Improving practice patterns in patients with newly diagnosed bladder masses treated with transurethral resection

Joshua Wilson, OMS III; Daniel Drach, OMS IV; Joseph Zanghi, DO; and James Siegert, DO
Notes and Affiliations
Notes and Affiliations

Received: July 18, 2021

Accepted: December 1, 2021

Published: January 21, 2022

  • Joshua Wilson, OMS III, 

    Midwestern University Chicago College of Osteopathic Medicine, Downers Grove, IL, USA

  • Daniel Drach, OMS IV, 

    Midwestern University Chicago College of Osteopathic Medicine, Downers Grove, IL, USA

  • Joseph Zanghi, DO, 

    Department of Urology, Franciscan Health Olympia Fields, Olympia Fields, IL, USA

  • James Siegert, DO, 

    Clinical Assistant Professor of Surgery, Department of Urology, Franciscan Health Olympia Fields, Olympia Fields, IL, USA

J Osteopath Med; 122(4): 169-173

Context: Transurethral resection (TUR) is the mainstay for diagnosis, staging, and treatment of both high-grade and low-grade nonmuscle invasive bladder cancer (NMIBC). It is reported that 51% of initial transurethral resection of bladder tumors (iTURBT) does not contain muscle, which results in higher rates of clinical upstaging on repeat transurethral resection (reTUR) and worse oncologic outcomes. Presence of muscle on iTURBT specimen and performing reTUR within 6 weeks in high-risk NMIBC aids in accurate staging and, therefore, guides proper treatment.

Objectives: This study aimed to assess and improve TURBT quality by making surgeons aware of their practice patterns and setting improvement goals.

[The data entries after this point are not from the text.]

// The same for a number of 32 bits: a greater one is refused as well.
pub fn read_u32(rt: HostRuntime, i: usize, what: &[u8]) -> Result<u32, Error<'_>>
    ensures never_out_of_memory { result ≢ Err OutOfMemory }
{
    let number = read_number(rt, i, what)?;
    u32::try_from(number).map_err(|_| Error::TooGreat(what))
}

// So many bytes, all alike, as a walk or a load is lent.
pub fn lend(byte: u8) -> [u8; LENT]
    ensures { 1048576 ≡ length result }
{
    [byte; LENT]
}

// Standard output, in blocks: the first `waiting` bytes of `block` wait to be written. One of which a failed write was told takes nothing
// more, so that what was written has no gap. Every program that prints ends with a `flush`.
#[derive(Drop)]
pub struct Printer {
    rt: HostRuntime,
    block: [u8; BLOCK],
    waiting: usize,
    failed: bool,
    ghost within: { waiting ≤ 4096 },
}

// An output of which nothing waits.
pub fn output(rt: HostRuntime) -> Printer {
    Printer {
        rt,
        block: [0; BLOCK],
        waiting: 0,
        failed: false,
    }
}

// The error of a block that is given up. An interruption gets another kind: the library's `write_all` would go on after it, with a gap.
fn given_up(error: io::Error) -> io::Error {
    match error.kind() {
        io::ErrorKind::Interrupted => io::Error::other("Interrupted system call"),
        _ => error,
    }
}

Methods: Patients who received TURBT for a newly diagnosed bladder mass were analyzed by retrospective chart review for 9 months prior to quality improvement (QI) intervention. Data were collected pertaining to muscle presence/absence on biopsy, pathology of the tumor, risk stratification, whether reTUR was indicated, and time to reTUR. The primary endpoints were the presence of muscle on initial TURBT, whether a reTUR was performed when clinically indicated, and time to reTUR. Tumors requiring reTUR were defined as being HGT1 or HGTa >3 cm. The QI intervention, physician education, was then implemented by presenting initial performance results to the physicians, and a second dataset was then collected by prospective analysis for another 9 months to assess for changes in practice patterns. A total of 101 patients receiving TURBT were reviewed, including 52 patients prior to and 49 patients following QI intervention. Patients with a history of, or treatment for, bladder cancer were excluded, along with those without assessment of muscle on pathological analysis. Fisher’s exact test was utilized to determine differences in categorical data by comparing each of the following groups prior to and following QI intervention: percent of muscle presence on iTURBT, percent reTUR performed when indicated, and mean time to reTUR in days. A p<0.05 was considered statistically significant.

Results: After comparing the TURBT results before and after our QI intervention, we found a significant improvement in the number of patients receiving a reTUR when indicated, with 5/13 (38.5%) before compared to 15/19 (78.9%) after, p=0.03. The number of specimens on iTURBT with muscle present were not significantly different, with 38/52 (73.1%) before and 33/49 (67.3%) after, p=0.66. The average time to reTUR before (32.4 days; n=5; range, 21–50 days) and after (42.4 days; n=15; range, 11–77 days) QI intervention was also not significantly different, p=0.28.

Conclusions: Our data suggest that critical analysis of physician practice patterns followed by education and setting improvement goals can significantly impact clinical practices and improve quality of care. Future studies will be performed to determine the impact that these changes have on oncologic outcomes.